Poster, Podium & Video Sessions
Presentation Authors: Yosuke Yasuda*, Kazutaka Saito, Naoko Kawamura, Sho Uehara, Takeshi Yuasa, Minato Yokoyama, Junichiro Ishioka, Yoh Matsuoka, Shinya Yamamoto, Shunji Takahashi, Tokyo, Japan, Tetsuo Okuno, Ibaraki, Japan, Junji Yonese, Kazunori Kihara, Yasuhisa Fujii, Tokyo, Japan
Introduction: C-reactive protein (CRP) is a potential biomarker for renal cell carcinoma (RCC) (Saito K, Nat Rev Urol, 2011). The dynamic change of CRP levels, CRP kinetics, is associated with survival of patients with metastatic RCC (mRCC) in the cytokine era. We previously reported that early CRP response could predict overall survival (OS) for mRCC patients treated with tyrosine kinase inhibitors (TKI) in EAU congress 2016. In this study, we further explored whether the early CRP response could predict progression-free survival (PFS) and response rates (RR) with more number of cases.

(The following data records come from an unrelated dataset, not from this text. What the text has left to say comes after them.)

//! Which samples of a recording are counted.
ghost use Rattle.std.specs.Prelude.{ℕ, ◌≡◌, ◌==◌, ◌++◌, ◌∷◌, [], Ok, true, nat_eq, codes, length, map, IfOk, IfErr, OnOk, if◌then◌else◌};
ghost use Rattle.std.specs.Cmp.Lexicographic.{pointwise};
ghost use Rattle.std.specs.List.{list_any};
ghost use Rattle.framehop_recording.specs.Attributes.{attribute_view};
ghost use Rattle.framehop_recording.specs.Records.{record_view};
ghost use Rattle.framehop_recording.specs.Sample.{sample_view};
ghost use Rattle.framehop_perf_stacks.specs.Choice.{is_wanted, is_number_wanted, is_from, is_until, is_within, is_of_thread, is_sample_chosen, is_record_chosen, chosen_among, IsChosenOf, is_of_all};
ghost use Rattle.framehop_perf_stacks.specs.Names.{named_in, named_after};
ghost use Rattle.framehop_perf_stacks.specs.Recording.{sample_in, records_in};
ghost use Rattle.framehop_perf_stacks.specs.declared.error.StacksError.TheVariants.{OutOfMemory};

use crate::error::StacksError;
use crate::names::Names;
use crate::recording::{Recording, sample_of};
use crate::window::Window;
use framehop_recording::events::Events;
use framehop_recording::kind::SAMPLE;
use framehop_recording::order::TimedRecord;
use framehop_recording::records::Record;
use framehop_recording::sample::Sample;
use std::alloc::Global;

/// Which samples are counted: those that each field asks for. An empty list asks for all.
#[derive(Clone, Copy, Drop)]
pub struct Choice<'a> {
    /// Samples of threads that have one of these names at the time.
    pub commands: &'a [&'a [u8]],
    /// Samples of these processes.
    pub processes: &'a [u32],
    /// Samples of these threads.
    pub threads: &'a [u32],
    /// Samples of these events, by their numbers from 0 on.
    pub events: &'a [usize],
    /// Samples of these times, and those without a time.
    pub window: Window,
}

impl Choice<'_> {
    /// Returns whether all samples are chosen.
    pub(crate) fn is_of_all(&self) -> bool
        ensures { result ≡ is_of_all self.now }
    {
        self.commands.is_empty()
            && self.processes.is_empty()
            && self.threads.is_empty()
            && self.events.is_empty()
            && self.window.first.is_none()
            && self.window.last.is_none()
    }

    /// Returns whether a record is chosen, by the names of threads at its time: each that is no sample, and each
    /// sample that is asked for.
    #[tactic(auto, unfolding(crate::specs::Choice::is_record_chosen))]
    fn has_record(&self, events: &Events<'_>, names: &Names, record: Record<'_>) -> bool
        ensures { result ≡ is_record_chosen self.now (map attribute_view events.now.attributes.items) (named_in names.now) (record_view «record».entry) }
    {
        if record.kind != SAMPLE {
            return true;
        }
        self.has_sample(events, names, record)
    }

    /// Returns whether the sample of a record is chosen.
    fn has_sample(&self, events: &Events<'_>, names: &Names, record: Record<'_>) -> bool
        ensures { result ≡ is_sample_chosen self.now (map attribute_view events.now.attributes.items) (named_in names.now) (record_view «record».entry) }
    {
        let event = events.event_of(record);
        let time = events.time_of(record);
        is_event_wanted(event, self.events)
            && is_within(self.window, time)
            && self.has_thread(events, names, record)
    }

    /// Returns whether the thread of a sample is chosen.
    fn has_thread(&self, events: &Events<'_>, names: &Names, record: Record<'_>) -> bool
        ensures { result ≡ is_of_thread self.now (named_in names.now) (sample_in (map attribute_view events.now.attributes.items) (record_view «record».entry)) }
    {
        match sample_of(events, record) {
            Ok((sample, _)) => self.has_thread_of(names, &sample),
            Err(_) => {
                self.processes.is_empty() && self.threads.is_empty() && self.commands.is_empty()
            }
        }
    }

    /// Returns whether the thread of a sample that can be read is chosen.
    fn has_thread_of(&self, names: &Names, sample: &Sample<'_>) -> bool
        ensures { (mask : ℕ) → result ≡ is_of_thread self.now (named_in names.now) (Ok (sample_view sample.now, mask)) }
    {
        is_number_wanted(sample.pid, self.processes)
            && is_number_wanted(sample.tid, self.threads)
            && is_name_wanted(names.get(sample.tid), self.commands)
    }
}

/// Returns whether a number is one of these, of which none stand for all.
fn is_number_wanted(number: u32, numbers: &[u32]) -> bool
    ensures { result ≡ is_wanted (λ n. n == number) numbers.now }
{
    numbers.is_empty() || has_number(number, numbers)
}

/// Returns whether a number is one of these.
fn has_number(number: u32, numbers: &[u32]) -> bool
    ensures { result ≡ list_any (λ n. n == number) numbers.now }
{
    numbers.iter().any(|one| *one == number)
}

/// Returns whether a name is one of these, of which none stand for all.
fn is_name_wanted(name: &[u8], names: &[&[u8]]) -> bool
    ensures { result ≡ is_wanted (λ one. pointwise nat_eq one.now name.now) names.now }
{
    names.is_empty() || has_name(name, names)
}

/// Returns whether a name is one of these.
fn has_name(name: &[u8], names: &[&[u8]]) -> bool
    ensures { result ≡ list_any (λ one. pointwise nat_eq one.now name.now) names.now }
{
    names.iter().any(|one| is_same(one, name))
}

/// Returns whether two names are the same.
fn is_same(one: &[u8], other: &[u8]) -> bool
    ensures { result ≡ pointwise nat_eq one.now other.now }
{
    one == other
}

/// Returns whether an event, if it is known, is one of these, of which none stand for all.
fn is_event_wanted(event: Option<usize>, events: &[usize]) -> bool
    ensures { result ≡ is_number_wanted event events.now }
{
    match event {
        Some(event) => events.is_empty() || has_event(event, events),
        None => events.is_empty(),
    }
}

/// Returns whether an event is one of these.
fn has_event(event: usize, events: &[usize]) -> bool
    ensures { result ≡ list_any (λ n. n == event) events.now }
{
    events.iter().any(|one| *one == event)
}

/// Returns whether a time lies in a window. One that is not known does.
fn is_within(window: Window, time: Option<u64>) -> bool
    ensures { result ≡ is_within window time }
{
    match time {
        Some(time) => is_from(window.first, time) && is_until(window.last, time),
        None => true,
    }
}

/// Returns whether a time lies from a time on, where one is given.
fn is_from(first: Option<u64>, time: u64) -> bool
    ensures { result ≡ is_from first time }
{
    match first {
        Some(first) => first <= time,
        None => true,
    }
}

/// Returns whether a time lies not after a time, where one is given.
fn is_until(last: Option<u64>, time: u64) -> bool
    ensures { result ≡ is_until last time }
{
    match last {
        Some(last) => time <= last,
        None => true,
    }
}

/// Returns a recording with only the samples that are chosen. All its other records stay, so that processes and names are
/// as before.
pub fn choose<'a>(
    alloc: Global,
    recording: Recording<'a>,
    choice: &Choice<'_>,
) -> Result<Recording<'a>, StacksError>
    ensures chosen { IfOk result (λ chosen. IsChosenOf choice.now recording.entry chosen) }
    ensures all { is_of_all choice.now ≡ true → IfOk result (λ chosen. chosen.records.items ≡ recording.entry.records.items) }
    ensures refused { IfErr result (λ error. error ≡ OutOfMemory) }
{
    if choice.is_of_all() {
        return Ok(recording);
    }
    let Recording {
        events,
        records,
        build_ids,
        refusal,
    } = recording;
    let records = chosen_records(alloc, &events, records.as_slice(), choice)?;
    Ok(Recording {
        events,
        records,
        build_ids,
        refusal,
    })
}

/// Returns the chosen ones of records, in their order.
fn chosen_records<'a>(
    alloc: Global,
    events: &Events<'_>,
    records: &[TimedRecord<'a>],
    choice: &Choice<'_>,
) -> Result<Vec<TimedRecord<'a>>, StacksError>
    ensures chosen { IfOk result (λ chosen. records_in chosen.items
        ≡ chosen_among choice.now (map attribute_view events.now.attributes.items) (λ tid. codes "[unknown]") (records_in records.entry.now)) }
    ensures refused { IfErr result (λ error. error ≡ OutOfMemory) }
{
    let mut names = Names::new(alloc);
    let mut chosen = Vec::new(alloc);
    for index in 0..records.len() {
        let timed = records[index];
        let is_chosen = choice.has_record(events, &names, timed.record);
        push_if(&mut chosen, timed, is_chosen)?;
        note_names(alloc, &mut names, timed.record)?;
    }
    Ok(chosen)
}

/// Appends a record, if it is chosen.
fn push_if<'a>(
    chosen: &mut Vec<TimedRecord<'a>>,
    timed: TimedRecord<'a>,
    is_chosen: bool,
) -> Result<(), StacksError>
    ensures pushed { OnOk result (chosen.new.items ≡ chosen.old.items ++ (if is_chosen then timed.entry ∷ [] else [])) }
    ensures refused { IfErr result (λ error. error ≡ OutOfMemory) }
{
    if is_chosen {
        chosen.push(timed)?;
    }
    Ok(())
}

/// Takes note of what a record says of names, if it can be read.
fn note_names(alloc: Global, names: &mut Names, record: Record<'_>) -> Result<(), StacksError>
    ensures named { OnOk result ((tid : ℕ) → named_in names.new tid ≡ named_after (record_view «record».entry) (named_in names.old) tid) }
    ensures refused { IfErr result (λ error. error ≡ OutOfMemory) }
{
    match names.note(alloc, record) {
        Ok(()) | Err(StacksError::Recording(_)) => Ok(()),
        Err(error) => Err(error),
    }
}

Methods: A total of 103 patients (80 men and 23 women) were treated with TKI for mRCC from 2008 to 2013 at our institutions. Overall, 43 and 60 patients were treated with sunitinib and sorafenib, respectively. Fifty patients (49%) had received prior immunotherapy, and 69 patients (67%) had undergone nephrectomy previously. Baseline CRP elevation was defined as a level of 10 mg/L or more. Patients were divided into three groups according to their early CRP kinetics: patients whose baseline CRP levels were <10 mg/L (non-elevated group), patients whose baseline CRP levels were 10 mg/L or more and had decreased by more than 20% 4 weeks after the initiation of TKI (early CRP responder), and the remaining patients (non-early CRP responder). The endpoints were OS, PFS and RR.
Results: The median follow up period was 21 months (range 1 to 79 months). Baseline CRP levels were elevated in 41 patients (40%). Among these 41 patients, 19 (18%) were early CRP responder. The 1-year OS and PFS rates for the entire cohort were 69% and 40%, respectively. The 1-year OS rates of non-elevated group, early CRP responder, and non-early CRP responder were 79%, 62%, and 36% (p < 0.001). The 1-year PFS rates of these three groups were 50%, 23%, and 10% (p < 0.001). In multivariate analysis, the early CRP kinetics assessment was a significant independent factor for OS and PFS. Though there were no significant differences in the objective response rates between these three groups (p = 0.56), significantly more patients had progressive disease in the non-early CRP responder (p = 0.02).
Conclusions: Early CRP response at 4 weeks is predictive of survival for patients with mRCC treated with TKI.